=== Instructions for the task ===
The expected output is the complete listing, copied word for word.

=== Input records ===
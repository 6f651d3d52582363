// The rows that a mask keeps.
ghost use Rattle.std.specs.Prelude.{◌≡◌, ◌<◌, ◌∷◌, [], map, length, slice_index_or, IfOk, All};
ghost use Rattle.cell_core.specs.declared.cell.Kind.TheVariants.{Boolean};
ghost use Rattle.index_core.specs.pick.Masks.{kept_rows};
ghost use Rattle.multi_index.specs.Axes.{HaveLevels, single_tuples};
ghost use Rattle.indexers.specs.Masks.{is_true};
ghost use Rattle.indexers.specs.Picks.{PicksBy, as_it_is, mask_rows, cell_at, cell_there, rows_by_tuple};

use crate::keys::KeyFault;
use cell_core::{Cell, Label, NoMemory, Places, Tuple};
use column_core::ColRef;
use index_core::LabelRows;
use multi_index::Axis;
use row_keys::{LevelRows, find_partners};
use std::alloc::Global;

/// The rows that a mask keeps, in order ("Boolean indexing" in the pandas user guide): those whose cell of the mask is
/// True. A missing cell counts as False. Where the mask's axis has the same tuples of labels in the same rows it works by
/// position; else each row takes the mask's cell at its tuple. Labels meet by the numbers of their texts, and axes with
/// different numbers of levels have no tuple in common.
///
/// # Errors
///
/// `NoMaskLabel` exactly where the axes differ and a row's tuple stands not exactly once in the mask, with the first such
/// tuple. `NoMemory` may come in place of any answer.
pub fn mask_places(
    alloc: Global,
    axis: &Axis,
    mask_axis: &Axis,
    mask: ColRef<'_>,
) -> Result<Places, KeyFault>
    requires truths { mask.kind ≡ Boolean }
    requires cells { length mask.cells ≡ length mask_axis.now.tuples }
    ensures rows { PicksBy as_it_is result (mask_rows axis.now mask_axis.now mask.entry.cells) }
    ensures inside { IfOk result (All (λ row. row < length axis.now.tuples)) }
{
    if axis.same_labels(mask_axis) {
        return Ok(kept_rows(alloc, mask)?);
    }
    kept_elsewhere(alloc, axis, mask_axis, mask)
}

// The rows whose tuple the mask keeps.
fn kept_elsewhere(
    alloc: Global,
    axis: &Axis,
    mask_axis: &Axis,
    mask: ColRef<'_>,
) -> Result<Places, KeyFault>
    requires { length mask.cells ≡ length mask_axis.now.tuples }
    ensures { PicksBy as_it_is result
        (rows_by_tuple mask_axis.now.tuples mask.entry.cells axis.now.tuples) }
{
    let levels = axis.levels();
    let mask_levels = mask_axis.levels();
    if levels != mask_levels {
        return kept_nowhere(alloc, axis);
    }
    if levels == 1 {
        return kept_by_label(alloc, axis, mask_axis, mask);
    }
    kept_by_tuple(alloc, axis, mask_axis, mask)
}

// The rows that a mask without rows keeps.
fn kept_nowhere(alloc: Global, axis: &Axis) -> Result<Places, KeyFault>
    ensures { PicksBy as_it_is result (rows_by_tuple [] [] axis.now.tuples) }
{
    if axis.len() == 0 {
        return Ok(Places::new(alloc));
    }
    Err(KeyFault::NoMaskLabel(axis.tuple(alloc, 0)))
}

// Whether a cell is True.
fn is_true(cell: Cell) -> bool
    ensures { result ≡ is_true cell }
{
    matches!(cell, Cell::Bool(true))
}

// The rows whose cell of the mask is True.
fn kept_rows(alloc: Global, mask: ColRef<'_>) -> Result<Places, NoMemory>
    ensures { IfOk result (λ rows. rows ≡ kept_rows (map is_true mask.entry.cells)) }
{
    let mut rows = Places::new(alloc);
    for row in 0..mask.len() {
        if is_true(mask.cell(row)) {
            rows.push(row)?;
        }
    }
    Ok(rows)
}

// Whether the mask keeps a label, which must stand there once.
fn keeps(
    alloc: Global,
    labels: &LabelRows<'_>,
    mask: &ColRef<'_>,
    label: Label,
) -> Result<bool, KeyFault>
    requires { length mask.now.cells ≡ length labels.now }
    ensures { PicksBy as_it_is result
        (cell_at (single_tuples labels.now) mask.now.cells (label ∷ [])) }
{
    match labels.only_row(label) {
        Some(row) => Ok(is_true(mask.cell(row))),
        None => Err(KeyFault::NoMaskLabel(Tuple::of(alloc, &[label]))),
    }
}

// The rows whose label the mask keeps, where both axes have one level.
fn kept_by_label(
    alloc: Global,
    axis: &Axis,
    mask_axis: &Axis,
    mask: ColRef<'_>,
) -> Result<Places, KeyFault>
    requires level { length axis.now.names ≡ 1 }
    requires alike { HaveLevels 1 axis.now.tuples }
    requires mask_level { length mask_axis.now.names ≡ 1 }
    requires cells { length mask.cells ≡ length mask_axis.now.tuples }
    ensures { PicksBy as_it_is result
        (rows_by_tuple mask_axis.now.tuples mask.entry.cells axis.now.tuples) }
{
    let labels = mask_axis.rows_by_label(alloc)?;
    let mut rows = Places::new(alloc);
    for row in 0..axis.len() {
        if keeps(alloc, &labels, &mask, axis.label(row, 0))? {
            rows.push(row)?;
        }
    }
    Ok(rows)
}

// Whether the mask keeps a row, whose tuple must stand once in it: at these rows.
fn keeps_at(
    alloc: Global,
    axis: &Axis,
    row: usize,
    mask: &ColRef<'_>,
    found: &[usize],
) -> Result<bool, KeyFault>
    requires row { row < length axis.now.tuples }
    requires found { All (λ place. place < length mask.now.cells) found.now }
    ensures { PicksBy as_it_is result
        (cell_there (slice_index_or axis.now.tuples row []) mask.now.cells found.now) }
{
    if found.len() != 1 {
        return Err(KeyFault::NoMaskLabel(axis.tuple(alloc, row)));
    }
    Ok(is_true(mask.cell(found[0])))
}

// The rows whose tuple the mask keeps, where the tuples of both axes are numbered together.
fn kept_by_tuple(
    alloc: Global,
    axis: &Axis,
    mask_axis: &Axis,
    mask: ColRef<'_>,
) -> Result<Places, KeyFault>
    requires alike { HaveLevels (length axis.now.names) mask_axis.now.tuples }
    requires cells { length mask.cells ≡ length mask_axis.now.tuples }
    ensures { PicksBy as_it_is result
        (rows_by_tuple mask_axis.now.tuples mask.entry.cells axis.now.tuples) }
{
    let found = find_partners(alloc, axis, mask_axis, axis.levels())?;
    let mut rows = Places::new(alloc);
    for row in 0..axis.len() {
        if keeps_at(alloc, axis, row, &mask, found.rows(row))? {
            rows.push(row)?;
        }
    }
    Ok(rows)
}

=== Task response ===
repository 6f651d3d52582363
// The rows that a mask keeps.
ghost use Rattle.std.specs.Prelude.{◌≡◌, ◌<◌, ◌∷◌, [], map, length, slice_index_or, IfOk, All};
ghost use Rattle.cell_core.specs.declared.cell.Kind.TheVariants.{Boolean};
ghost use Rattle.index_core.specs.pick.Masks.{kept_rows};
ghost use Rattle.multi_index.specs.Axes.{HaveLevels, single_tuples};
ghost use Rattle.indexers.specs.Masks.{is_true};
ghost use Rattle.indexers.specs.Picks.{PicksBy, as_it_is, mask_rows, cell_at, cell_there, rows_by_tuple};

use crate::keys::KeyFault;
use cell_core::{Cell, Label, NoMemory, Places, Tuple};
use column_core::ColRef;
use index_core::LabelRows;
use multi_index::Axis;
use row_keys::{LevelRows, find_partners};
use std::alloc::Global;

/// The rows that a mask keeps, in order ("Boolean indexing" in the pandas user guide): those whose cell of the mask is
/// True. A missing cell counts as False. Where the mask's axis has the same tuples of labels in the same rows it works by
/// position; else each row takes the mask's cell at its tuple. Labels meet by the numbers of their texts, and axes with
/// different numbers of levels have no tuple in common.
///
/// # Errors
///
/// `NoMaskLabel` exactly where the axes differ and a row's tuple stands not exactly once in the mask, with the first such
/// tuple. `NoMemory` may come in place of any answer.
pub fn mask_places(
    alloc: Global,
    axis: &Axis,
    mask_axis: &Axis,
    mask: ColRef<'_>,
) -> Result<Places, KeyFault>
    requires truths { mask.kind ≡ Boolean }
    requires cells { length mask.cells ≡ length mask_axis.now.tuples }
    ensures rows { PicksBy as_it_is result (mask_rows axis.now mask_axis.now mask.entry.cells) }
    ensures inside { IfOk result (All (λ row. row < length axis.now.tuples)) }
{
    if axis.same_labels(mask_axis) {
        return Ok(kept_rows(alloc, mask)?);
    }
    kept_elsewhere(alloc, axis, mask_axis, mask)
}

// The rows whose tuple the mask keeps.
fn kept_elsewhere(
    alloc: Global,
    axis: &Axis,
    mask_axis: &Axis,
    mask: ColRef<'_>,
) -> Result<Places, KeyFault>
    requires { length mask.cells ≡ length mask_axis.now.tuples }
    ensures { PicksBy as_it_is result
        (rows_by_tuple mask_axis.now.tuples mask.entry.cells axis.now.tuples) }
{
    let levels = axis.levels();
    let mask_levels = mask_axis.levels();
    if levels != mask_levels {
        return kept_nowhere(alloc, axis);
    }
    if levels == 1 {
        return kept_by_label(alloc, axis, mask_axis, mask);
    }
    kept_by_tuple(alloc, axis, mask_axis, mask)
}

// The rows that a mask without rows keeps.
fn kept_nowhere(alloc: Global, axis: &Axis) -> Result<Places, KeyFault>
    ensures { PicksBy as_it_is result (rows_by_tuple [] [] axis.now.tuples) }
{
    if axis.len() == 0 {
        return Ok(Places::new(alloc));
    }
    Err(KeyFault::NoMaskLabel(axis.tuple(alloc, 0)))
}

// Whether a cell is True.
fn is_true(cell: Cell) -> bool
    ensures { result ≡ is_true cell }
{
    matches!(cell, Cell::Bool(true))
}

// The rows whose cell of the mask is True.
fn kept_rows(alloc: Global, mask: ColRef<'_>) -> Result<Places, NoMemory>
    ensures { IfOk result (λ rows. rows ≡ kept_rows (map is_true mask.entry.cells)) }
{
    let mut rows = Places::new(alloc);
    for row in 0..mask.len() {
        if is_true(mask.cell(row)) {
            rows.push(row)?;
        }
    }
    Ok(rows)
}

// Whether the mask keeps a label, which must stand there once.
fn keeps(
    alloc: Global,
    labels: &LabelRows<'_>,
    mask: &ColRef<'_>,
    label: Label,
) -> Result<bool, KeyFault>
    requires { length mask.now.cells ≡ length labels.now }
    ensures { PicksBy as_it_is result
        (cell_at (single_tuples labels.now) mask.now.cells (label ∷ [])) }
{
    match labels.only_row(label) {
        Some(row) => Ok(is_true(mask.cell(row))),
        None => Err(KeyFault::NoMaskLabel(Tuple::of(alloc, &[label]))),
    }
}

// The rows whose label the mask keeps, where both axes have one level.
fn kept_by_label(
    alloc: Global,
    axis: &Axis,
    mask_axis: &Axis,
    mask: ColRef<'_>,
) -> Result<Places, KeyFault>
    requires level { length axis.now.names ≡ 1 }
    requires alike { HaveLevels 1 axis.now.tuples }
    requires mask_level { length mask_axis.now.names ≡ 1 }
    requires cells { length mask.cells ≡ length mask_axis.now.tuples }
    ensures { PicksBy as_it_is result
        (rows_by_tuple mask_axis.now.tuples mask.entry.cells axis.now.tuples) }
{
    let labels = mask_axis.rows_by_label(alloc)?;
    let mut rows = Places::new(alloc);
    for row in 0..axis.len() {
        if keeps(alloc, &labels, &mask, axis.label(row, 0))? {
            rows.push(row)?;
        }
    }
    Ok(rows)
}

// Whether the mask keeps a row, whose tuple must stand once in it: at these rows.
fn keeps_at(
    alloc: Global,
    axis: &Axis,
    row: usize,
    mask: &ColRef<'_>,
    found: &[usize],
) -> Result<bool, KeyFault>
    requires row { row < length axis.now.tuples }
    requires found { All (λ place. place < length mask.now.cells) found.now }
    ensures { PicksBy as_it_is result
        (cell_there (slice_index_or axis.now.tuples row []) mask.now.cells found.now) }
{
    if found.len() != 1 {
        return Err(KeyFault::NoMaskLabel(axis.tuple(alloc, row)));
    }
    Ok(is_true(mask.cell(found[0])))
}

// The rows whose tuple the mask keeps, where the tuples of both axes are numbered together.
fn kept_by_tuple(
    alloc: Global,
    axis: &Axis,
    mask_axis: &Axis,
    mask: ColRef<'_>,
) -> Result<Places, KeyFault>
    requires alike { HaveLevels (length axis.now.names) mask_axis.now.tuples }
    requires cells { length mask.cells ≡ length mask_axis.now.tuples }
    ensures { PicksBy as_it_is result
        (rows_by_tuple mask_axis.now.tuples mask.entry.cells axis.now.tuples) }
{
    let found = find_partners(alloc, axis, mask_axis, axis.levels())?;
    let mut rows = Places::new(alloc);
    for row in 0..axis.len() {
        if keeps_at(alloc, axis, row, &mask, found.rows(row))? {
            rows.push(row)?;
        }
    }
    Ok(rows)
}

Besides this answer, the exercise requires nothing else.